● YOUR INSTRUCTIONS: The word "request" marks the lines to find; copy every such line from the data below.

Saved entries
++++++
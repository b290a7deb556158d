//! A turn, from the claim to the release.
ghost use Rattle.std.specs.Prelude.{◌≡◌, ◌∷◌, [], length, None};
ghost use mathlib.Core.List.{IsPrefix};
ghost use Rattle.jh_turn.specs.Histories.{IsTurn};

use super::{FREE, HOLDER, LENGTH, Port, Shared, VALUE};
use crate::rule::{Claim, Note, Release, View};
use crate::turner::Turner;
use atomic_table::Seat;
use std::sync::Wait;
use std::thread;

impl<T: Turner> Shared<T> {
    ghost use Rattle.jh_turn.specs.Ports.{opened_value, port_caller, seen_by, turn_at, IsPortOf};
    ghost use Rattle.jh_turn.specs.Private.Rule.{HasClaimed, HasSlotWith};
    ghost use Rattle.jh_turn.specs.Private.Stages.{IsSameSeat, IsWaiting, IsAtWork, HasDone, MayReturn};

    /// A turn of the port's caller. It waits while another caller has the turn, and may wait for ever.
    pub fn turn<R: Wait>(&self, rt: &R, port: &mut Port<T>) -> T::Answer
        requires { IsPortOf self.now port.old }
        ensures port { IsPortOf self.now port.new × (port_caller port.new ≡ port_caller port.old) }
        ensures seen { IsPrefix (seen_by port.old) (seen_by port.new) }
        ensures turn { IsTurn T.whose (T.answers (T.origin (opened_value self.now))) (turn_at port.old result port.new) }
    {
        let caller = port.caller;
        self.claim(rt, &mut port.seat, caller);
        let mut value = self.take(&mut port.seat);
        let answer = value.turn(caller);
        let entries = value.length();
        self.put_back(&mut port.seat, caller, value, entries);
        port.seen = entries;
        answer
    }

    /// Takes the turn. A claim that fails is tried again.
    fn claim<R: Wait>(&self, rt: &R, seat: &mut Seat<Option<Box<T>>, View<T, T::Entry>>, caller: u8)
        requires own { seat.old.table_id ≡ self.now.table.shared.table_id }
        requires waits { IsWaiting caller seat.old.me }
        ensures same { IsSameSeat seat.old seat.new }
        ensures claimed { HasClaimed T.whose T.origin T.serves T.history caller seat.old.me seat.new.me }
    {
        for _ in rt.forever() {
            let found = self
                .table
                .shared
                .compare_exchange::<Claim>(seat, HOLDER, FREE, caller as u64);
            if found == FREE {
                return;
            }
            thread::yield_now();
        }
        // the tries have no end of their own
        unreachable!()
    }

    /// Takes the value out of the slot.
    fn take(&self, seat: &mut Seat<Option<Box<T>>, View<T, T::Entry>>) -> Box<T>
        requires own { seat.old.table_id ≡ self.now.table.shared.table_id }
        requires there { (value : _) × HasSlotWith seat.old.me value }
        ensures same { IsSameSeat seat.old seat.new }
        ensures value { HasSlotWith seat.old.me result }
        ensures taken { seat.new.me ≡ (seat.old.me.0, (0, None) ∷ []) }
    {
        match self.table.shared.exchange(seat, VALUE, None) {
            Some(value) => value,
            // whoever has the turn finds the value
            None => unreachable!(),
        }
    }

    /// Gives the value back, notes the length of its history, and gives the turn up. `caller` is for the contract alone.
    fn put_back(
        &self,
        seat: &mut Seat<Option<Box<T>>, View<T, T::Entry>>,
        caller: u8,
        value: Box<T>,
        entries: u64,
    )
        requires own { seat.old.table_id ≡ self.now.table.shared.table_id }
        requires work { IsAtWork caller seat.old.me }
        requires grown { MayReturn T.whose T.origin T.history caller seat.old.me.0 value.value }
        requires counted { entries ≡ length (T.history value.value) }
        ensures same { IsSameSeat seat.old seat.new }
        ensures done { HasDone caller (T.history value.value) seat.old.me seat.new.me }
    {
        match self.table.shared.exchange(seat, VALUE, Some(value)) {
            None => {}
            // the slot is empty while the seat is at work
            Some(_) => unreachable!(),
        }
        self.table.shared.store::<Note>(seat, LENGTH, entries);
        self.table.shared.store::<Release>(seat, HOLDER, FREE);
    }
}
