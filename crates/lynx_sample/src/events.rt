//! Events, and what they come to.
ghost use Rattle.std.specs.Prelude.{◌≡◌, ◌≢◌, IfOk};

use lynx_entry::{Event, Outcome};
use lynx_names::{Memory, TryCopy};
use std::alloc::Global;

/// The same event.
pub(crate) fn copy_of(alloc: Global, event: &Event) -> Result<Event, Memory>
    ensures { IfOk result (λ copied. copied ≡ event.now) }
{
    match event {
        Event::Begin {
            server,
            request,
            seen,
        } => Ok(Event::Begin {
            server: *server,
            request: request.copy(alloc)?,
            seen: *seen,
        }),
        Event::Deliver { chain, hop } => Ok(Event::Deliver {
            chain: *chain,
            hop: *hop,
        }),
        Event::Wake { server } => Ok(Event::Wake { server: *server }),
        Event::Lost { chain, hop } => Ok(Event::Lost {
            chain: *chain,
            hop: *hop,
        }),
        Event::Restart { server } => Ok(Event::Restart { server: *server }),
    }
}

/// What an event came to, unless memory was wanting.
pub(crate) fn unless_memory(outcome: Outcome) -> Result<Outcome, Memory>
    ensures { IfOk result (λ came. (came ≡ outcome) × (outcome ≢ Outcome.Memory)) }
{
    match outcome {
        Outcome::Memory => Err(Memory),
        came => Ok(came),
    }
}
++++++
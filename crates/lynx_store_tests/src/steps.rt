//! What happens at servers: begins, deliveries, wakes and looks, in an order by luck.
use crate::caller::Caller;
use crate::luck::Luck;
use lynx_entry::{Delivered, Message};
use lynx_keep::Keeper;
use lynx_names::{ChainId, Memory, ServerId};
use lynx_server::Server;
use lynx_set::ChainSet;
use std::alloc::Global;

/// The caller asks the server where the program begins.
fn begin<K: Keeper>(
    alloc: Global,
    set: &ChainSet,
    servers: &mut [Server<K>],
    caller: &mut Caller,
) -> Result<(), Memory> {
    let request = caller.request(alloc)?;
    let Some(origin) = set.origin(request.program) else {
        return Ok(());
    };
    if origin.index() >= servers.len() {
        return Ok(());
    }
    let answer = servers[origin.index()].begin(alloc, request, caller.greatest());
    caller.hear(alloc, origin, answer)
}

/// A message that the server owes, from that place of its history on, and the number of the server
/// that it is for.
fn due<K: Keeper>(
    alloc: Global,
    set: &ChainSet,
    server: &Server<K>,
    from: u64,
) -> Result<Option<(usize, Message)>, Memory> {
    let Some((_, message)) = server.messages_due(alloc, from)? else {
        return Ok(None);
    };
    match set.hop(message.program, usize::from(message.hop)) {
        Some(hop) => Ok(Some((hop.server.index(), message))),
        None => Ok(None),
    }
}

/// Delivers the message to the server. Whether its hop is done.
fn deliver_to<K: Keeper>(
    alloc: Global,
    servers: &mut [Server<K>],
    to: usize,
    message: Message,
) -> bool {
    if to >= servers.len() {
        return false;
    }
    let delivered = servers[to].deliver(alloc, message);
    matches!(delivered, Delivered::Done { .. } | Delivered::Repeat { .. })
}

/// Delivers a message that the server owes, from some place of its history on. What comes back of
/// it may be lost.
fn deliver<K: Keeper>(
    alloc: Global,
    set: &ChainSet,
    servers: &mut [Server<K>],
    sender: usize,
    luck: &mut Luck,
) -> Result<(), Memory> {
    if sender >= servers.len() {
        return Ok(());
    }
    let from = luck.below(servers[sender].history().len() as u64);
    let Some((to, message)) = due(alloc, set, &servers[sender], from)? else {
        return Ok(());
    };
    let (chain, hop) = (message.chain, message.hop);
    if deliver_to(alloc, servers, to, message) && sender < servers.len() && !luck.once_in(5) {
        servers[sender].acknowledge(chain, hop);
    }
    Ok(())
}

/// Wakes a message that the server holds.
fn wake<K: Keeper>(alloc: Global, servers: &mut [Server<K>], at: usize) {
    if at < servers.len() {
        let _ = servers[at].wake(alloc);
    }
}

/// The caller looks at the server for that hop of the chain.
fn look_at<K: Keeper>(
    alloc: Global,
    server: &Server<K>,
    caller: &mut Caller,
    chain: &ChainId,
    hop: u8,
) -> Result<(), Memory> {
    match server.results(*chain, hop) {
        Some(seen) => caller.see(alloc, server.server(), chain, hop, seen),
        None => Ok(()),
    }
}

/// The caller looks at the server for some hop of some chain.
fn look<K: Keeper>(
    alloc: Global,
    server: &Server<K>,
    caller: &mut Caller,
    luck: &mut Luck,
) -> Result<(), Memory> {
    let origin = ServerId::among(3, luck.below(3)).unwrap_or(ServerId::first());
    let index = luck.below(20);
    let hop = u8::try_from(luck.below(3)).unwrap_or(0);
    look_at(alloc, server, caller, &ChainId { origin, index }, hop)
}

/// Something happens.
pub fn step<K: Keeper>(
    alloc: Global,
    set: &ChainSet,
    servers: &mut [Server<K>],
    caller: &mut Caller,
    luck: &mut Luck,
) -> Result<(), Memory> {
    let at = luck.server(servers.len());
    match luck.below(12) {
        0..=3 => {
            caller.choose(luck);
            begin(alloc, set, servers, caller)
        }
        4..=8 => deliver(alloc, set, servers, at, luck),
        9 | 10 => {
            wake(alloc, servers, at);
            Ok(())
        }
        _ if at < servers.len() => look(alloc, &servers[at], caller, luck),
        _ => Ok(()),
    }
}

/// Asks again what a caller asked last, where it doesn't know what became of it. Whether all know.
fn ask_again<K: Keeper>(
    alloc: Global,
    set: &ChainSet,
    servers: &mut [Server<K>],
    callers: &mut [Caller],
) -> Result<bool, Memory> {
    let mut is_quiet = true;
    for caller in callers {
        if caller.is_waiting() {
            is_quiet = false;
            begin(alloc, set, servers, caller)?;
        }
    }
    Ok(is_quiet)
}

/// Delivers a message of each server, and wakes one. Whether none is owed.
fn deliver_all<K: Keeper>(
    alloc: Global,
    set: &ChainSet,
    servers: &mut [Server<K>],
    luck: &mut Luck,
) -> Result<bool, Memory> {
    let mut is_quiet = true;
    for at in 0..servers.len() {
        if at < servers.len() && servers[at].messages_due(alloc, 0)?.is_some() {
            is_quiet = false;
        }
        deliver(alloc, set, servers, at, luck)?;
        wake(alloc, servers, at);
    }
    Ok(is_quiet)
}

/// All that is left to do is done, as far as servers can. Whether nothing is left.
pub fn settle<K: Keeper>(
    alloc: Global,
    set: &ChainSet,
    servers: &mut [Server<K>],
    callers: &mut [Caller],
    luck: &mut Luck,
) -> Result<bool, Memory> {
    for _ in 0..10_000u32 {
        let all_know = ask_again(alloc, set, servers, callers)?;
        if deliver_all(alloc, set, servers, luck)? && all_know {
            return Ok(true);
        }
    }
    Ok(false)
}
++++++
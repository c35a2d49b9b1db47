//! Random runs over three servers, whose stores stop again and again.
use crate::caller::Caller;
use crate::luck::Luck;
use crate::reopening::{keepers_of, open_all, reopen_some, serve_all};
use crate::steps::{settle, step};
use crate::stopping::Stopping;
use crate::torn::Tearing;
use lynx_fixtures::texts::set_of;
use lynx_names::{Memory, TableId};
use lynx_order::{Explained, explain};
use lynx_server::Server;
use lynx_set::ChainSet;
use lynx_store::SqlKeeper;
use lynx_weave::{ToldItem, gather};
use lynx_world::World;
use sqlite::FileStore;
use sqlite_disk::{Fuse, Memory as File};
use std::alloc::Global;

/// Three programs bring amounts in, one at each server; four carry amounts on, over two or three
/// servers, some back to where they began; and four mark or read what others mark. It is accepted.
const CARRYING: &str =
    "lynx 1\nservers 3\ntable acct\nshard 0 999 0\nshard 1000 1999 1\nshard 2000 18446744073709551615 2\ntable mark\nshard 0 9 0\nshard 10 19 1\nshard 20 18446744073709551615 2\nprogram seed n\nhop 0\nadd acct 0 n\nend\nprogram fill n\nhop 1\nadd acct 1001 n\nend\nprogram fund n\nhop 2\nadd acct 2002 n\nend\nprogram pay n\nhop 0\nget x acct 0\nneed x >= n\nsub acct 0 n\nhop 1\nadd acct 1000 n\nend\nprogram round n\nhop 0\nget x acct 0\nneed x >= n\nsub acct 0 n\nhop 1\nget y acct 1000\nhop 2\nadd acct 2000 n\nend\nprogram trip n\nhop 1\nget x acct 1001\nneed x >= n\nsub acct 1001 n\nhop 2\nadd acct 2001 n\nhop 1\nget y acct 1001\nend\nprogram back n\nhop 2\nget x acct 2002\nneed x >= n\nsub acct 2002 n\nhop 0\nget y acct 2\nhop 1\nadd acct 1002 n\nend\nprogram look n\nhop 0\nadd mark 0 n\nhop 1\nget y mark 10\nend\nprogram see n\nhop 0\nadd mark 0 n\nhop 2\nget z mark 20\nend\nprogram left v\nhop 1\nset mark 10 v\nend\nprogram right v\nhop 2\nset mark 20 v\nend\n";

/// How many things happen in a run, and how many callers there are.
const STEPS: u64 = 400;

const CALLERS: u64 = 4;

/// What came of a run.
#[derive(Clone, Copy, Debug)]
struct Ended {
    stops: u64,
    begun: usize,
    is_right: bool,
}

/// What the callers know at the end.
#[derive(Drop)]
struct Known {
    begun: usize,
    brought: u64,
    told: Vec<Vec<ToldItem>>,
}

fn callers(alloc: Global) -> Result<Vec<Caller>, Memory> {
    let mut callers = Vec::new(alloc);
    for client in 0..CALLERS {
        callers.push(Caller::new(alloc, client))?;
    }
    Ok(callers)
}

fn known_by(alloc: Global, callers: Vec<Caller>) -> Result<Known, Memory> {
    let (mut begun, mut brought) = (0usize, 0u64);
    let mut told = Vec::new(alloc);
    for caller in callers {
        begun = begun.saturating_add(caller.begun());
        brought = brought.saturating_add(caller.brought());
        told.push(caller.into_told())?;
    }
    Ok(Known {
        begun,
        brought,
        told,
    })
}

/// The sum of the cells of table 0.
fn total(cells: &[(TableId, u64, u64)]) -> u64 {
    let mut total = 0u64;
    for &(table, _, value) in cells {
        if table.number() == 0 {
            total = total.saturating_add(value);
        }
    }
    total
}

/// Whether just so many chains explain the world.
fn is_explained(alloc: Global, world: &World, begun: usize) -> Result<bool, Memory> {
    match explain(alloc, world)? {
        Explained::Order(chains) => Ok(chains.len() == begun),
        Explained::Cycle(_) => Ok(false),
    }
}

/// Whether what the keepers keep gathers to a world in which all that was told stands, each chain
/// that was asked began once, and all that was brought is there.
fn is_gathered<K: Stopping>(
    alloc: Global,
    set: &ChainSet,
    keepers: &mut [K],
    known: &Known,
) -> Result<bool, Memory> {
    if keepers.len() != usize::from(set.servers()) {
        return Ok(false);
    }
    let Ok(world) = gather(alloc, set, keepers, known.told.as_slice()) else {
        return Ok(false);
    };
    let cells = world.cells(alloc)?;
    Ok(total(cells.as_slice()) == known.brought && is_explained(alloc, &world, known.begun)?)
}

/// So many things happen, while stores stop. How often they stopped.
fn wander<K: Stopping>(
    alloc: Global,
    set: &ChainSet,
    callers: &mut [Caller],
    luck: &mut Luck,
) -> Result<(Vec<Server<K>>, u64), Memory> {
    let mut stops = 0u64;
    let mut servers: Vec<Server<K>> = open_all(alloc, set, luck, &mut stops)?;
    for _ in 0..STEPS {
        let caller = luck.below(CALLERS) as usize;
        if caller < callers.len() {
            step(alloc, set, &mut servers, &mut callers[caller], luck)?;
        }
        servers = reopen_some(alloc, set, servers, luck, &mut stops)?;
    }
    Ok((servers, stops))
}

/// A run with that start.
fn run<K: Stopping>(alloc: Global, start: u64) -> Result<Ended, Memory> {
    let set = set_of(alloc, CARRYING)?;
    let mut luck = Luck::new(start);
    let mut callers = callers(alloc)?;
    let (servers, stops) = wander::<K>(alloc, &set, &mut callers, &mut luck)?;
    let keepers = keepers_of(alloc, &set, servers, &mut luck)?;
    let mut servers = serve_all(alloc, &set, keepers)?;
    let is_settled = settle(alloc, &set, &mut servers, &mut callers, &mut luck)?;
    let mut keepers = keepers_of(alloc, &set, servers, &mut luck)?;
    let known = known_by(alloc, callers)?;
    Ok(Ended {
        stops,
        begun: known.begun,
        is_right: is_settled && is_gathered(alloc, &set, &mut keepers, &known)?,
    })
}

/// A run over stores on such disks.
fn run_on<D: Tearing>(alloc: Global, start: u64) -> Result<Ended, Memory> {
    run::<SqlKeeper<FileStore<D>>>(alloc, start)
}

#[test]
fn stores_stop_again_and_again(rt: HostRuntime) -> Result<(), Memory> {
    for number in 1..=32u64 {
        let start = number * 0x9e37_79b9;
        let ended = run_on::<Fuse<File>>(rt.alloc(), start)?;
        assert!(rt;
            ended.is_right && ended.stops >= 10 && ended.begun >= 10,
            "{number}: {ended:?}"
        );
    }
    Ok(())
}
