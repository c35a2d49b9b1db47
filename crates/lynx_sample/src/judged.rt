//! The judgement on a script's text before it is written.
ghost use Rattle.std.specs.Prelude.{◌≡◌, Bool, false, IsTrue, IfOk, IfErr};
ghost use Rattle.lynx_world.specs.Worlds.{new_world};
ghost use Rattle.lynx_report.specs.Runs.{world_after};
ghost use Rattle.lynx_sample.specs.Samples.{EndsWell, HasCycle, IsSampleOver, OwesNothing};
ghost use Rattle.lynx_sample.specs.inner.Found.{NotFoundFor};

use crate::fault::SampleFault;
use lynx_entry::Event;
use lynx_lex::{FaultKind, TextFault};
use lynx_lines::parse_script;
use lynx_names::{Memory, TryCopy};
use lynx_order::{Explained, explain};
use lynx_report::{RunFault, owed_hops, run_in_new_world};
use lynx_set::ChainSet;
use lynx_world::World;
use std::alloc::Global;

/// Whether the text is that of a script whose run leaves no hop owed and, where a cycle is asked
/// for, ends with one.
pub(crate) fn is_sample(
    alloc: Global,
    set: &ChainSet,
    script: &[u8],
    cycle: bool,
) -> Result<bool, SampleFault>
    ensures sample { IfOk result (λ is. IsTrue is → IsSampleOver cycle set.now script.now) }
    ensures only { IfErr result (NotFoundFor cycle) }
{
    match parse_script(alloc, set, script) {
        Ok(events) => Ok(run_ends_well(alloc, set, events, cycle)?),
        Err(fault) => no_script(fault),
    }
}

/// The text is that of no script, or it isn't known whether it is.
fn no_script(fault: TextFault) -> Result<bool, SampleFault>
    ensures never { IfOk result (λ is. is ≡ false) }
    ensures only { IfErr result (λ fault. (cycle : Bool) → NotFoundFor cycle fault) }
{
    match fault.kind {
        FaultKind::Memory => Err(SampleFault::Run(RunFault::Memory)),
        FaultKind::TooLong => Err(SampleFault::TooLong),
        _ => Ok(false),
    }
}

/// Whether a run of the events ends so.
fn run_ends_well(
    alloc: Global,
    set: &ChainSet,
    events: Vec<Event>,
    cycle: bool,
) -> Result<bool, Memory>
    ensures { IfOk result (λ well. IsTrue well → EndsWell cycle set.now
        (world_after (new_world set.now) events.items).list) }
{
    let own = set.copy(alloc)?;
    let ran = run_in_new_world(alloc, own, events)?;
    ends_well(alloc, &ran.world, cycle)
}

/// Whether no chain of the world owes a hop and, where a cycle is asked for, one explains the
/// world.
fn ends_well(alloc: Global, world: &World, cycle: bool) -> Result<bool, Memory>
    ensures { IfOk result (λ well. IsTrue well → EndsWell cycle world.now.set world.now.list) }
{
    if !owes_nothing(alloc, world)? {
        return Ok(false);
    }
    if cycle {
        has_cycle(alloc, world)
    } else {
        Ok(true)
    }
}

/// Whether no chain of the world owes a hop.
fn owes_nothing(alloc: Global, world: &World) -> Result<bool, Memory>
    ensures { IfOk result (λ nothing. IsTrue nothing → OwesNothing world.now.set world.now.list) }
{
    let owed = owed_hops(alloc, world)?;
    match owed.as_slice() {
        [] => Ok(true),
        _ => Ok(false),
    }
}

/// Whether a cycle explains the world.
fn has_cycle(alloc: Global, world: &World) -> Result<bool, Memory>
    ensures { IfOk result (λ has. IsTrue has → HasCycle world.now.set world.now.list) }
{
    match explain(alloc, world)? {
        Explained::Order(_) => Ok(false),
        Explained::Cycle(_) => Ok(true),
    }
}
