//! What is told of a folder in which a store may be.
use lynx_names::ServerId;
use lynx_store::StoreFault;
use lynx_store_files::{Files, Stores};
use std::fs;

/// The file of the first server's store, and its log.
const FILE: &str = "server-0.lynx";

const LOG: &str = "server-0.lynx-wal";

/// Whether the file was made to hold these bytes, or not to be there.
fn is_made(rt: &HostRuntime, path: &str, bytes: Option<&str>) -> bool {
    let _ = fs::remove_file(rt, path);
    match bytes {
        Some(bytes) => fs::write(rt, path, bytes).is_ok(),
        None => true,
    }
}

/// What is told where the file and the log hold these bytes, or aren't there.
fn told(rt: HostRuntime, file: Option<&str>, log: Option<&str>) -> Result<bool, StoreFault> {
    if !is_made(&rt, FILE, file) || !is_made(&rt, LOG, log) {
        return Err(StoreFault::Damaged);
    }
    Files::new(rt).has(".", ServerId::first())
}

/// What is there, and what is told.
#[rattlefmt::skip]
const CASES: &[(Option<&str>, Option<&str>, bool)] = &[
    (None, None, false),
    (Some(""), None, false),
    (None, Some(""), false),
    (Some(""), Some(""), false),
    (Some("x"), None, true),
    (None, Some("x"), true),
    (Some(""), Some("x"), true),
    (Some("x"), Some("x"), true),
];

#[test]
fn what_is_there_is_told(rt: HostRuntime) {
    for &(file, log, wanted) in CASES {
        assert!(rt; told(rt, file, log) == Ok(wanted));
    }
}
++++++
● RESULT OF THIS EXERCISE:
            request,
            request: request.copy(alloc)?,
    let request = caller.request(alloc)?;
    let Some(origin) = set.origin(request.program) else {
    let answer = servers[origin.index()].begin(alloc, request, caller.greatest());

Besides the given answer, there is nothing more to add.